Accounting Concepts and Practices

ASU 2017-01: Clarifying the Definition of a Business

Understand the evaluation model from ASU 2017-01 to correctly classify acquisitions and navigate the distinct accounting outcomes for each.

The Financial Accounting Standards Board (FASB) issued Accounting Standards Update (ASU) 2017-01 to provide a clearer, more robust framework for defining a business. This update was a response to feedback that the previous definition was often applied too broadly, leading to incorrect classifications. This clarification is important because it directly impacts whether a transaction is accounted for as a business combination or as an asset acquisition, which have different accounting treatments. The standard aims to create more consistency in application and reduce the costs associated with this evaluation.

The Initial Screen Test

ASU 2017-01 introduced an initial screen test as a simplified first step to efficiently identify acquisitions that are not businesses. The core principle is to determine if substantially all of the fair value of the gross assets acquired is concentrated in a single identifiable asset or a group of similar identifiable assets. If this is the case, the set of acquired assets is not considered a business, and the analysis concludes.

For this test, a single identifiable asset includes any individual asset or group of assets that could be recognized as one in a business combination, such as a building and the land it sits on. A group of similar identifiable assets would include tangible assets that are alike in nature, like a fleet of vehicles. The calculation of gross assets for this test excludes cash, deferred tax assets, and any goodwill created from deferred tax liabilities.

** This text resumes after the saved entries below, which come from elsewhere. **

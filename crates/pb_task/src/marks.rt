//! A mark for each action of a task: a bit of a word, 64 actions a word.
ghost use Rattle.std.specs.Prelude.{◌≡◌, ℕ, ◌<◌, ◌≤◌, ◌*◌, length, true, false};
ghost use Rattle.pb_task.specs.Marks.{is_marked};

/// The first marked action from one on, and `count` if none below it is marked.
#[inline]
pub fn next_marked(marks: &[u64], from: u32, count: u32) -> u32
    requires from { from ≤ count }
    requires few { count ≤ 65536 }
    requires room { count ≤ 64 * length marks.now }
    ensures from { from ≤ result }
    ensures most { result ≤ count }
    ensures none { (action : ℕ) → from ≤ action → action < result
        → is_marked marks.now action ≡ false }
    ensures marked { result < count → is_marked marks.now result ≡ true }
{
    let mut at = from;
    while at < count {
        let word = marks[(at / 64) as usize] >> (at % 64);
        if word != 0 {
            return count.min(at + word.trailing_zeros());
        }
        at = (at / 64 + 1) * 64;
    }
    count
}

A practical example of passing this screen test is a real estate company purchasing a single commercial office building. In this scenario, the fair value is concentrated in one asset. Therefore, the transaction would be accounted for as an asset acquisition, not a business combination. This simplifies the subsequent accounting required.

The Business Definition Framework

When a transaction fails the initial screen test, the acquiring entity must proceed to a more detailed analysis using the business definition framework. The framework requires determining if the acquired set contains both an “input” and a “substantive process” that together contribute to the ability to create outputs. An input is any economic resource, such as tangible assets or employees, that creates or can create outputs when a process is applied to it.

The evaluation of whether a process is “substantive” depends on whether the acquired set has outputs at the time of acquisition. Outputs are the result of inputs and processes that provide goods or services to customers, generating income. If the acquired set is already generating outputs, a process is considered substantive if it is important to the continuation of producing those outputs, which can be demonstrated by an organized workforce or an acquired automated system.

The criteria are more stringent if the acquired set is not generating outputs, such as with a development-stage company. In this scenario, a process is deemed substantive if it is important to the development or conversion of an acquired input into an output. The acquired set must include an organized workforce that performs this process and the other inputs that the workforce needs to develop the outputs, such as intellectual property or specialized equipment.

Accounting Implications of the Classification

The classification of a transaction as either an asset acquisition or a business combination carries distinct accounting consequences. These differences affect how costs are recorded, how assets are valued on the balance sheet, and how future earnings are reported. The primary accounting differences include:

  • Transaction Costs: In an asset acquisition, costs such as legal and advisory fees are capitalized, meaning they are added to the cost of the acquired assets. In a business combination, these costs are expensed as they are incurred, reducing net income in the period the transaction occurs.
  • Goodwill: This intangible asset, representing the premium paid over the fair value of identifiable net assets, is only recognized in a business combination. It is not recorded in an asset acquisition; instead, any excess purchase price is allocated to the identifiable assets.
  • Contingent Consideration: In a business combination, payments dependent on future events are recorded at fair value at the acquisition date, with subsequent changes in value impacting earnings. In an asset acquisition, such consideration is recorded only when the contingency is resolved and payment is required.
  • Deferred Taxes: Acquired deferred taxes are handled differently, with more limitations on recognizing deferred tax assets in an asset acquisition compared to a business combination.